[[ RECORDS FOR THIS TASK, beginning ]]

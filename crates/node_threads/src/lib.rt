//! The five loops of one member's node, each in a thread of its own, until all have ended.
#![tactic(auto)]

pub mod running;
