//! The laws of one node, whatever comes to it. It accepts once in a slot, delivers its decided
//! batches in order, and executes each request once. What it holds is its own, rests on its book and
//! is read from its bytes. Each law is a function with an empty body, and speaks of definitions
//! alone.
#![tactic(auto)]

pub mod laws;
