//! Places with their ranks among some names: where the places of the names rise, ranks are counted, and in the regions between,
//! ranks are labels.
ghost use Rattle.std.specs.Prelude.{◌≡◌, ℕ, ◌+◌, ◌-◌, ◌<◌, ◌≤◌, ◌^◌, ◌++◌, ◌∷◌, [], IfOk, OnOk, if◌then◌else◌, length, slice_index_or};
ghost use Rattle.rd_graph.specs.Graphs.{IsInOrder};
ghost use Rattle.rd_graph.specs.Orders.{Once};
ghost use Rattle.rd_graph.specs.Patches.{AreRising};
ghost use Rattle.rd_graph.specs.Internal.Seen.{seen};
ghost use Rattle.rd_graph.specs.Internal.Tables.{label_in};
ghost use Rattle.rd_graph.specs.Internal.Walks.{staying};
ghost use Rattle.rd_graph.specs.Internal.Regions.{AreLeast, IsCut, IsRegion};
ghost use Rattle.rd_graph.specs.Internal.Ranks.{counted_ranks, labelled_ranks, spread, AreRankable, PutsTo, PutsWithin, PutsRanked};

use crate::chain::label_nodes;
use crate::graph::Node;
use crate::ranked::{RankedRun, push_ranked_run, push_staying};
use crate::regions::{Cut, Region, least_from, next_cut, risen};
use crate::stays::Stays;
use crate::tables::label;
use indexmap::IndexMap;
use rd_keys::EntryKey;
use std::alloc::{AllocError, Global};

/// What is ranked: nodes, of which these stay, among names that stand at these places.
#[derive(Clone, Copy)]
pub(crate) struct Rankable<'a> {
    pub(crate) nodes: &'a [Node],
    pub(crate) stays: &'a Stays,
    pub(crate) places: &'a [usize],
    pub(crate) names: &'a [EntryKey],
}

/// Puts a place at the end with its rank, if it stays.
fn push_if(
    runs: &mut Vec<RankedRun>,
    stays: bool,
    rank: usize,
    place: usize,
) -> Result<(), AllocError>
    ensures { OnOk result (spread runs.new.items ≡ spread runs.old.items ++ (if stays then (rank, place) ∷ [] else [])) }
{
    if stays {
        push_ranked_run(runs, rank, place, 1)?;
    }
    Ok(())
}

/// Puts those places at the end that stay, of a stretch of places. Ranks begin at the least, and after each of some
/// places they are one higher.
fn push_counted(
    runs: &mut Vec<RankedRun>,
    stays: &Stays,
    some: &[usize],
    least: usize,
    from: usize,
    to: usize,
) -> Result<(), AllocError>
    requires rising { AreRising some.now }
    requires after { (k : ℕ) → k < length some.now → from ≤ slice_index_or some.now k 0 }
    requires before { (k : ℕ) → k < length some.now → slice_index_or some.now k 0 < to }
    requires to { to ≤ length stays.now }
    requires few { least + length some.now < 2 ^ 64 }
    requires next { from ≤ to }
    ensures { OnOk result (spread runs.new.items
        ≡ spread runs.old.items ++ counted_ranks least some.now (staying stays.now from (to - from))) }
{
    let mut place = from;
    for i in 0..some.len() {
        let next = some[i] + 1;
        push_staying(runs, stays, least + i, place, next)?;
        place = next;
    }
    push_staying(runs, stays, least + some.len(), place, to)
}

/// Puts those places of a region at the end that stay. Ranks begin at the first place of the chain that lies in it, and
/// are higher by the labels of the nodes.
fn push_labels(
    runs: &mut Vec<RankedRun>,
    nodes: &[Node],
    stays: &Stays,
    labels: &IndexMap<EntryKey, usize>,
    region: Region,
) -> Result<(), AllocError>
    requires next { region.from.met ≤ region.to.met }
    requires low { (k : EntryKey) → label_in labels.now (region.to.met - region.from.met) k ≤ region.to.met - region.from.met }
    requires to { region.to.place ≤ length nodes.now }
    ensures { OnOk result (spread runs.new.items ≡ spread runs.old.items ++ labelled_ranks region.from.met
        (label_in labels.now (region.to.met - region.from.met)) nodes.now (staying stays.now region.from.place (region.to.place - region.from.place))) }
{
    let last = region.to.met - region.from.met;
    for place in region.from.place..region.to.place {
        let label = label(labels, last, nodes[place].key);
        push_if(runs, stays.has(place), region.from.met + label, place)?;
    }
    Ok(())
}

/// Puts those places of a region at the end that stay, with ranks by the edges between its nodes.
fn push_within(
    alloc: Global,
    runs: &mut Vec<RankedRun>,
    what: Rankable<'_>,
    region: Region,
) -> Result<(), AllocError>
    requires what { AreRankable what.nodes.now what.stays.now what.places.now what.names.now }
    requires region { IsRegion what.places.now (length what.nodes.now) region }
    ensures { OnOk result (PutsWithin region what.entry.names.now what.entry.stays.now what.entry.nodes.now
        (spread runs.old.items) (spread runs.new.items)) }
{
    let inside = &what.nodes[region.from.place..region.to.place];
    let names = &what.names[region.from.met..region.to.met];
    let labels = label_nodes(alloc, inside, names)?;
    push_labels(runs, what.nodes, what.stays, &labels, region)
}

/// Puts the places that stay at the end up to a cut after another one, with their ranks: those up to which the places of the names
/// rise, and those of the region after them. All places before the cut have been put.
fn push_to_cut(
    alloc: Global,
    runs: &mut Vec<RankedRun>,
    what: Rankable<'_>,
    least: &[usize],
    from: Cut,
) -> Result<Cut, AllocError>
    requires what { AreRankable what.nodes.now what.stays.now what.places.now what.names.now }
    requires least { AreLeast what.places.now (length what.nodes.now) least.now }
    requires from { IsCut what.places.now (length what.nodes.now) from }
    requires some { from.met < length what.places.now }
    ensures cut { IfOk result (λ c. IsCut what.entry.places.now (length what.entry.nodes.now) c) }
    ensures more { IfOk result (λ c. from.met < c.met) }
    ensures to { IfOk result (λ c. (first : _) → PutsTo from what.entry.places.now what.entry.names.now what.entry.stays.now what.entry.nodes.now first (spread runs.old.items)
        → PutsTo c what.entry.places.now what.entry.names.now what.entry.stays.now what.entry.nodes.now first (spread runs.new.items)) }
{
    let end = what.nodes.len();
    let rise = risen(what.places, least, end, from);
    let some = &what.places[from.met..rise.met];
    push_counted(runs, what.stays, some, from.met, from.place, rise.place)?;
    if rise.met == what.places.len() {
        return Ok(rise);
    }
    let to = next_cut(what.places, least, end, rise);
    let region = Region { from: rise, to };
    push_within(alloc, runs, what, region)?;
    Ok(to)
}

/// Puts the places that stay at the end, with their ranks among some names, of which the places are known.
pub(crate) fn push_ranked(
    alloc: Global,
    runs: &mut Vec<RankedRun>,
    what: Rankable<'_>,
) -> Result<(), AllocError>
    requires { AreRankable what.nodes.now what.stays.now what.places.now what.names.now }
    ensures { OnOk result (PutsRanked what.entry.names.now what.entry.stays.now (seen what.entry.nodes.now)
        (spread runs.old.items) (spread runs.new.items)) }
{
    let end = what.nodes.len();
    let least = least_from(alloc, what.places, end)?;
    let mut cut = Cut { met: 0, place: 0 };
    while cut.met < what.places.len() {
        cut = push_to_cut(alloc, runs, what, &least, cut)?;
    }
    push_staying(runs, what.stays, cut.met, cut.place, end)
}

[[ RECORDS FOR THIS TASK, end ]]

**PROBLEM TO WORK ON:** Copy out every line of the data that includes the word "usize".

**RESULT FOR THIS EXERCISE:**
    pub(crate) places: &'a [usize],
    rank: usize,
    place: usize,
    some: &[usize],
    least: usize,
    from: usize,
    to: usize,
    labels: &IndexMap<EntryKey, usize>,
    least: &[usize],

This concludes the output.